SEE HBO unveils trailer for Jesse Armstrong's Mountainhead
In the film, the four protagonists are decidedly separate from the rest of the world as they stay put at the titular Mountainhead mansion that belongs to Schwartzman's character (who is nicknamed Souper for having the lowest net worth in the group with nary a billion to his name). Armstrong detailed how the secluded property was found and its significance to the storyline.
"Paul Eskenazi, location manager from Succession, helped us find it. We looked at a lot of places in Canada and Utah, and we wanted to be somewhere sequestrated away from other people. And that's a common thing about wealth, right? Private planes, gated communities. So it needed to feel isolated. It also needed to feel isolated for some of the action that happens in the movie. I wanted them to feel like they were almost like a horror movie removed."
Notably, Mountainhead came together in less than a year's time. Executive producer Will Tracy sees the project as "the perfect thing" to release in our current sociopolitical climate.
"In many ways, that was part of the appeal, is the urgency of it, that we can maybe get it out very soon, before anyone else had a crack at this fairly new world of government that has in some ways been captured by the techno-futurists, by the Musks and so forth of the world," he said. "It's changing so rapidly, what's happening in the government, so hopefully we got it right."

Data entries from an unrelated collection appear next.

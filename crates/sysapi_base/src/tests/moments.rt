use crate::{END, Moment};
use std::str;
use std::test::Fail;

#[test]
fn moments_have_their_text(rt: HostRuntime) -> Result<(), Fail> {
    for (millis, text) in [
        (0, "1970-01-01T00:00:00.000Z"),
        (946_684_800_000, "2000-01-01T00:00:00.000Z"),
        (951_782_400_000, "2000-02-29T00:00:00.000Z"),
        (4_107_542_399_999, "2100-02-28T23:59:59.999Z"),
        (4_107_542_400_000, "2100-03-01T00:00:00.000Z"),
        (END - 1, "9999-12-31T23:59:59.999Z"),
    ] {
        let moment = Moment::from_millis(millis).ok_or("the moment is in range")?;
        assert_eq!(rt; str::from_utf8(&moment.text())?, text);
    }
    assert_eq!(rt; Moment::from_millis(END), None);
    Ok(())
}
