// The list of our own locators that a record of a trace holds, and the numbers of a section. Depends on sections, announcement, locator_set, address,
// octets.
#![tactic(auto)]

ghost use Rattle.std.specs.Prelude.{◌≡◌, cond, eqb, leb};
ghost use Rattle.entries.specs.Numbers.{number_of, is_narrow};
ghost use Rattle.entries.specs.Entries.{entry_count, is_entry, are_entries, blank, entry_of, listed_at, list_of};

use address::Address;
use announcement::OwnLocator;
use locator_set::SET_LIMIT;
use sections::{Record, Section};
use std::array;

// The bytes of a number, and of an address.
pub const NUMBER_SIZE: usize = 8;

pub const ADDRESS_SIZE: usize = 16;

// What stands in a list where a record has no entry.
const NO_ENTRY: OwnLocator = OwnLocator {
    address: Address { high: 0, low: 0 },
    lifetime: 0,
    kind: 0,
    traffic: 0,
    preferred: false,
};

// Number k of a section, 0 where s ends before it does.
pub fn number(s: &[u8], section: Section, k: usize) -> u64
    ensures { result ≡ number_of s.now section k }
{
    octets::u64_at(
        s,
        section.start.saturating_add(k.saturating_mul(NUMBER_SIZE)),
    )
}

// The number, where it fits 32 bits.
pub fn narrow(n: u64) -> Option<u32>
    ensures { result ≡ cond (is_narrow n) (Some n) None }
{
    u32::try_from(n).ok()
}

// The number as a mark: 1 or 0.
pub fn mark(n: u64) -> Option<bool>
    ensures { result ≡ cond (leb n 1) (Some (eqb n 1)) None }
{
    match n {
        0 => Some(false),
        1 => Some(true),
        _ => None,
    }
}

// How many entries the list of a record has.
pub fn entry_count(found: Record) -> usize
    ensures { result ≡ entry_count found }
{
    sections::size(found.body) / ADDRESS_SIZE
}

// The bytes and a record of them go together here and in `trace`; a struct of both would be made at each call, since `sections` answers a record by its places.
// Entry k of a list; none where the list has fewer, or where a number of the entry is wider than it may be.
#[tactic(auto, unfolding(crate::specs::Entries::is_entry))]
fn entry_at(s: &[u8], found: Record, k: usize) -> Option<OwnLocator>
    ensures { result ≡ cond (is_entry s.now found k) (Some (entry_of s.now found k)) None }
{
    if entry_count(found) <= k {
        return None;
    }
    let numbers = found.numbers;
    let place = 2 + 4 * k;
    let kind = u8::try_from(number(s, numbers, place)).ok()?;
    let traffic = u8::try_from(number(s, numbers, place + 1)).ok()?;
    let lifetime = narrow(number(s, numbers, place + 2))?;
    let preferred = mark(number(s, numbers, place + 3))?;
    Some(OwnLocator {
        address: address::address_at(s, found.body.start + ADDRESS_SIZE * k),
        lifetime,
        kind,
        traffic,
        preferred,
    })
}

// Entry k is there, and of its widths. It is asked of every entry of a list, so it builds none.
#[tactic(auto, unfolding(crate::specs::Entries::is_entry))]
fn is_entry(s: &[u8], found: Record, k: usize) -> bool
    ensures { result ≡ is_entry s.now found k }
{
    if entry_count(found) <= k {
        return false;
    }
    let numbers = found.numbers;
    let place = 2 + 4 * k;
    u8::try_from(number(s, numbers, place)).is_ok()
        && u8::try_from(number(s, numbers, place + 1)).is_ok()
        && narrow(number(s, numbers, place + 2)).is_some()
        && mark(number(s, numbers, place + 3)).is_some()
}

// Every entry of the list is of its widths, also those past the eighth. The last is asked first, as in the definition, so a list that ends with a bad entry
// is refused at once. It is a `for`: with `all` over the range the proof did not close.
#[tactic(auto, using(crate::proofs::Lists::entries_none, crate::proofs::Lists::entries_less, crate::proofs::Lists::entries_fail))]
pub fn are_entries(s: &[u8], found: Record) -> bool
    ensures { result ≡ are_entries s.now found (entry_count found) }
{
    for k in (0..entry_count(found)).rev() {
        if !is_entry(s, found, k) {
            return false;
        }
    }
    true
}

// Entry k of a list, or a blank where there is none.
#[tactic(auto, unfolding(crate::specs::Entries::listed_at))]
fn listed_at(s: &[u8], found: Record, k: usize) -> OwnLocator
    ensures { result ≡ listed_at s.now found k }
{
    entry_at(s, found, k).unwrap_or(NO_ENTRY)
}

// The first eight entries of the list, with blanks after them.
pub fn list_in(s: &[u8], found: Record) -> [OwnLocator; SET_LIMIT]
    ensures { result ≡ list_of s.now found }
{
    array::from_fn(|k| listed_at(s, found, k))
}
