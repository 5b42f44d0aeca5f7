// Our own announcement: the list that we announce, the bytes that are written for it, refusals 17 to 21, and the whole answer of the call. Depends on
// association, reply_form, locator_set, locator and parameter. Definitions, laws and the types that they are about; the code that meets them stands in
// `own_list` and `announce`.
#![tactic(auto)]

use address::Address;
use association::Association;
use refusal::Refusal;

// An entry of our list: a locator that we announce. `kind` is its locator type. It and the traffic type are numbers, since refusal 18 is about those that a
// host may hand in and nobody knows.
#[derive(Clone, Copy)]
pub struct OwnLocator {
    pub address: Address,
    pub lifetime: u32,
    pub kind: u8,
    pub traffic: u8,
    pub preferred: bool,
}

// The answer to the call: how many bytes were written, 0 where it is refused, and the association after it; see clock's answer to a tick.
#[derive(Clone, Copy)]
pub struct Announcement {
    pub outcome: Result<(), Refusal>,
    pub written: usize,
    pub association: Association,
}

Tracy also spoke to the appeal of telling stories spotlighting the 1 percent.
"I think it starts with the characters and the kind of small, more human stories we want to tell about those people — Succession being kind of a family story, and this being kind of a story about male friendship, in a way. And we tell those stories on a very small level," he said. "But the finance and the money and the power just raises the stakes of what these, I think, very emotionally difficult people, the ripple effects they can have on our world, which, as we're seeing right now, those ripple effects can be quite large ripples — waves even. Tsunamis."
Mountainhead premieres Saturday, May 31 at 8 p.m. ET/PT on HBO and Max.